British friendly reported a record month in sales in October. Wanstall said it was part of an overall growth story and that the Gender Directive had not had any impact on sales, rather it owed to engaging better with advisers and consumers.
He explained that there had not been "a great deal of rushing" to take advantage of the deadline, nor had he been inundated with advisers really pushing IP, adding: "IP as it stands at the moment pretty much comes down to the adviser's ability to sell and it has to be sold not bought. Innovation needs to build the piece around awareness and value of IP not necessarily product structure.
"More recently it is like people misunderstanding how expensive the product is and debating whether the product will pay out. It is getting the right message out."
Manchester-based IFA Clayton Hulme Partnership echoed the view. Director Chris Hulme said the firm had been out there with clients marketing the price-factor ahead of the gender-neutral deadline but had seen no real impact on sales.
Hulme added however, that sales of individual IP had rocketed after the firm campaigned about state benefits and raised awareness among clients about the value of the product and their potential need.
And Warrington-based advice firm Relevant Life Policies reported similar. Tony Columbine, director, said the Gender Directive had "certainly" driven a 10% increase in life protection business, but reported no additional take-up of IP.

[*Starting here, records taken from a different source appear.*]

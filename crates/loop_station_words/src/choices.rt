// What a value of the configuration file chooses.

/// The form of lines.
#[derive(Clone, Copy, Debug, PartialEq, Eq)]
pub enum AnswersForm {
    /// As they are printed.
    Text,
    /// A JSON object each.
    Json,
}

/// Where the times of a camera's frames come from.
#[derive(Clone, Copy, Debug, PartialEq, Eq)]
pub enum TimesFrom {
    /// A frame has the time at which it came.
    Arrival,
    /// It has the time that its source says.
    Source,
}

/// How it is known which frames a camera's source lost.
#[derive(Clone, Copy, Debug, PartialEq, Eq)]
pub enum LossesFrom {
    /// By the numbers of its frames, and where they have none, by their times.
    Either,
    /// By their numbers alone.
    Numbers,
    /// By their times alone.
    Times,
    /// It isn't: none counts as lost.
    Nothing,
}

/// How large the stores of a camera are.
#[derive(Clone, Copy, Debug, PartialEq, Eq)]
pub enum StoreSize {
    /// Enough for this many seconds.
    Seconds(u64),
    /// At most this many bytes.
    Bytes(u64),
}

/// How much memory frames may take.
#[derive(Clone, Copy, Debug, PartialEq, Eq)]
pub enum MemoryLimit {
    /// Enough for this many seconds, at the rate of the source.
    Seconds(u64),
    /// This many bytes.
    Bytes(u64),
}

/// What is done where every block is locked.
#[derive(Clone, Copy, Debug, PartialEq, Eq)]
pub enum WhenFull {
    /// The recording stands still until a clip is released.
    Stop,
    /// The oldest clip that was saved whole is released.
    ReleaseSaved,
    /// The oldest clip is released, or the oldest one with this tag.
    ReleaseOldest(Option<u64>),
}
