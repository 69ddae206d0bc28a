// How the segments and slots of a store are chosen.
ghost use Rattle.std.specs.Prelude.{◌≡◌, ◌≤◌, ◌<◌, ◌↔◌, ◌+◌, ◌*◌, ◌-◌, ◌^◌, ℕ, IfSome, IsNone, min};
ghost use Rattle.loop_record.specs.Geometry.{divided_up};
ghost use Rattle.loop_station_words.specs.Rings.{IsLargestWithin, IsLeastFor, file_size, usual_for, usual_slots, usual_within};

// The most segments of a store.
const MAX_SEGMENTS: u64 = 64;

// The most slots of a segment.
const MAX_SLOTS: u64 = 256;

// The bytes before the first segment.
const HEAD: u64 = 2560;

// The bytes of a segment before its first slot.
const SEGMENT_HEAD: u64 = 512;

// The bytes of a slot before its frame.
const SLOT_HEAD: u64 = 32;

/// The size of a store's ring.
#[derive(Clone, Copy, Debug, PartialEq, Eq)]
pub struct RingSize {
    /// Its segments, 2 to 64.
    pub segments: u32,
    /// How many frames a segment has room for, 1 to 256.
    pub slots: u32,
}

/// The least ring that holds so many of the newest frames after each answered append while nothing is locked; a stop
/// within an append may leave one less. It has the usual slots a segment while 64 segments of these are enough, and
/// otherwise 64 segments. `None` where no ring holds so many: more than 16,129.
///
/// The usual slots are 64; 128 for frames of at most 65,536 bytes, and 256 for those of at most 16,384, where the ring
/// then has 16 segments or more.
pub fn ring_for(frames: u64, frame_bytes: u32) -> Option<RingSize>
    ensures least { IfSome result (IsLeastFor (usual_for frame_bytes frames) frames) }
    ensures none { IsNone result ↔ (16129 < frames) }
{
    least_ring(usual_for(frame_bytes, frames), frames)
}

// The usual slots where so many frames are to be held: those of which 15 segments don't hold them.
fn usual_for(frame_bytes: u32, frames: u64) -> u64
    ensures same { result ≡ usual_for frame_bytes frames }
    ensures some { (64 ≤ result) × (result ≤ 256) }
{
    usual_slots(frame_bytes, 14 * 256 + 1 < frames, 14 * 128 + 1 < frames)
}

// The usual slots, if a ring of 256 slots a segment has 16 segments or not, and one of 128.
fn usual_slots(frame_bytes: u32, with_256: bool, with_128: bool) -> u64
    ensures same { result ≡ usual_slots frame_bytes with_256 with_128 }
    ensures some { (64 ≤ result) × (result ≤ 256) }
{
    if frame_bytes <= 16384 && with_256 {
        256
    } else if frame_bytes <= 65536 && with_128 {
        128
    } else {
        64
    }
}

// The least ring that holds so many frames, with these usual slots.
fn least_ring(usual: u64, frames: u64) -> Option<RingSize>
    requires { (1 ≤ usual) × (usual ≤ 256) }
    ensures least { IfSome result (IsLeastFor usual frames) }
    ensures none { IsNone result ↔ (16129 < frames) }
{
    let before = frames.saturating_sub(1);
    let segments = before.div_ceil(usual) + 1;
    if segments <= MAX_SEGMENTS {
        return Some(ring(segments.max(2), usual));
    }
    let slots = before.div_ceil(MAX_SEGMENTS - 1);
    if slots > MAX_SLOTS {
        return None;
    }
    Some(ring(MAX_SEGMENTS, slots))
}

// The ring with these numbers.
fn ring(segments: u64, slots: u64) -> RingSize
    requires segments { segments ≤ 64 }
    requires slots { slots ≤ 256 }
    ensures { result ≡ record { segments = segments; slots = slots } }
{
    RingSize {
        segments: segments as u32,
        slots: slots as u32,
    }
}

/// The largest ring whose store has at most so many bytes, for frames of `frame_bytes`. It has two segments while fewer
/// than the usual slots fit into each, then the usual slots a segment, and more slots only with 64 segments. The usual
/// slots are those of `ring_for`. `None` where not even two segments of one slot fit.
pub fn ring_within(frame_bytes: u32, bytes: u64) -> Option<RingSize>
    ensures largest { IfSome result (IsLargestWithin (usual_within frame_bytes bytes) frame_bytes bytes) }
    ensures none { IsNone result ↔ (bytes < file_size frame_bytes (record { segments = 2; slots = 1 })) }
{
    largest_ring(usual_within(frame_bytes, bytes), frame_bytes, bytes)
}

// The usual slots within so many bytes: those of which 16 segments fit.
fn usual_within(frame_bytes: u32, bytes: u64) -> u64
    ensures same { result ≡ usual_within frame_bytes bytes }
    ensures some { (64 ≤ result) × (result ≤ 256) }
{
    let slot = SLOT_HEAD + u64::from(frame_bytes);
    usual_slots(
        frame_bytes,
        HEAD + 16 * (SEGMENT_HEAD + 256 * slot) <= bytes,
        HEAD + 16 * (SEGMENT_HEAD + 128 * slot) <= bytes,
    )
}

// The largest ring within so many bytes, with these usual slots.
fn largest_ring(usual: u64, frame_bytes: u32, bytes: u64) -> Option<RingSize>
    requires { (1 ≤ usual) × (usual ≤ 256) }
    ensures largest { IfSome result (IsLargestWithin usual frame_bytes bytes) }
    ensures none { IsNone result ↔ (bytes < file_size frame_bytes (record { segments = 2; slots = 1 })) }
{
    let slot = SLOT_HEAD + u64::from(frame_bytes);
    let room = bytes.saturating_sub(HEAD);
    let segments = fitting(room, SEGMENT_HEAD + usual * slot, MAX_SEGMENTS);
    if segments == MAX_SEGMENTS {
        return Some(ring(segments, slots_within(room, segments, slot)));
    }
    if segments >= 2 {
        return Some(ring(segments, usual));
    }
    let slots = slots_within(room, 2, slot);
    if slots == 0 {
        return None;
    }
    Some(ring(2, slots))
}

/// How many slots each of so many segments may have in so much room, at most 256; 0 where not even one fits.
pub(crate) fn slots_within(room: u64, segments: u64, slot: u64) -> u64
    requires segments { (2 ≤ segments) × (segments ≤ 64) }
    requires slot { (1 ≤ slot) × (slot < 2 ^ 33) }
    ensures few { result ≤ 256 }
    ensures fits { 1 ≤ result → segments * (512 + result * slot) ≤ room }
    ensures most { (n : ℕ) → n ≤ 256 → segments * (512 + n * slot) ≤ room → n ≤ result }
{
    fitting(
        (room / segments).saturating_sub(SEGMENT_HEAD),
        slot,
        MAX_SLOTS,
    )
}

/// How many things of a size fit into so much room, `most` at most.
pub(crate) fn fitting(room: u64, size: u64, most: u64) -> u64
    requires { 1 ≤ size }
    ensures few { result ≤ most }
    ensures fits { result * size ≤ room }
    ensures most { (n : ℕ) → n ≤ most → n * size ≤ room → n ≤ result }
{
    let fit = room / size;
    if fit < most { fit } else { most }
}

/// How many frames come in so many seconds, at `rate_num` frames in `rate_den` seconds: rounded up, and at most the
/// greatest u64.
pub fn frames_in(seconds: u64, rate_num: u32, rate_den: u32) -> u64
    requires { 1 ≤ rate_den }
    ensures { result ≡ min (divided_up (seconds * rate_num) rate_den) (2 ^ 64 - 1) }
{
    let all = u128::from(seconds) * u128::from(rate_num);
    let den = u128::from(rate_den);
    let frames = (all + (den - 1)) / den;
    u64::try_from(frames).unwrap_or(u64::MAX)
}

He said individual IP was very under-sold and that it would need much more than the Gender Directive changes to push sales.
"IP needs real innovation including more flexibility, fixed-term benefits and lower costs initially," Columbine said.
Cirencester Friendly said lack of take up of individual IP was mainly down to consumer awareness, a lack of advice and generally just a bad economy.
John Bridge, director of sales and marketing at Cirencester, said there was a serious confusion between PPI and IP and the collapse of the mortgage market had taken a lot of protection business with it.
Bridge said: "There is also a perception of our industry that insurers do not pay-out. It is a bit of a myth. The confusion presented by ADLs and own occupation has certainly had an impact on the market and most of the market is moving to own-occupation now so that if you are unable to work pay-out is very clear. And that is a good thing.
"But importantly good quality advice not only increases sales but when people are looking at IP it will ensure pay outs too."
According to bridge, there is no one silver bullet to turn the market around, but that it does need innovation.
Bridge said he was "all in favour" of the simple product concept, but added that the industry already had simple IP products.
He said: "What it needs to be is flexible and available to be tailored to differing needs. We need a simple basis but also a product that can be altered. Providers should not put restrictions on it.
"And there is the perception that if you are ill and cannot work the state will pay for you. We have an enormous amount of education innovation to do to deal with this issue."
Whatever the opinion in the industry, most are in agreement that individual IP needs to be shaken up a bit. And at the very least, the steering group simple product proposals for a new income replacement product suggests movement.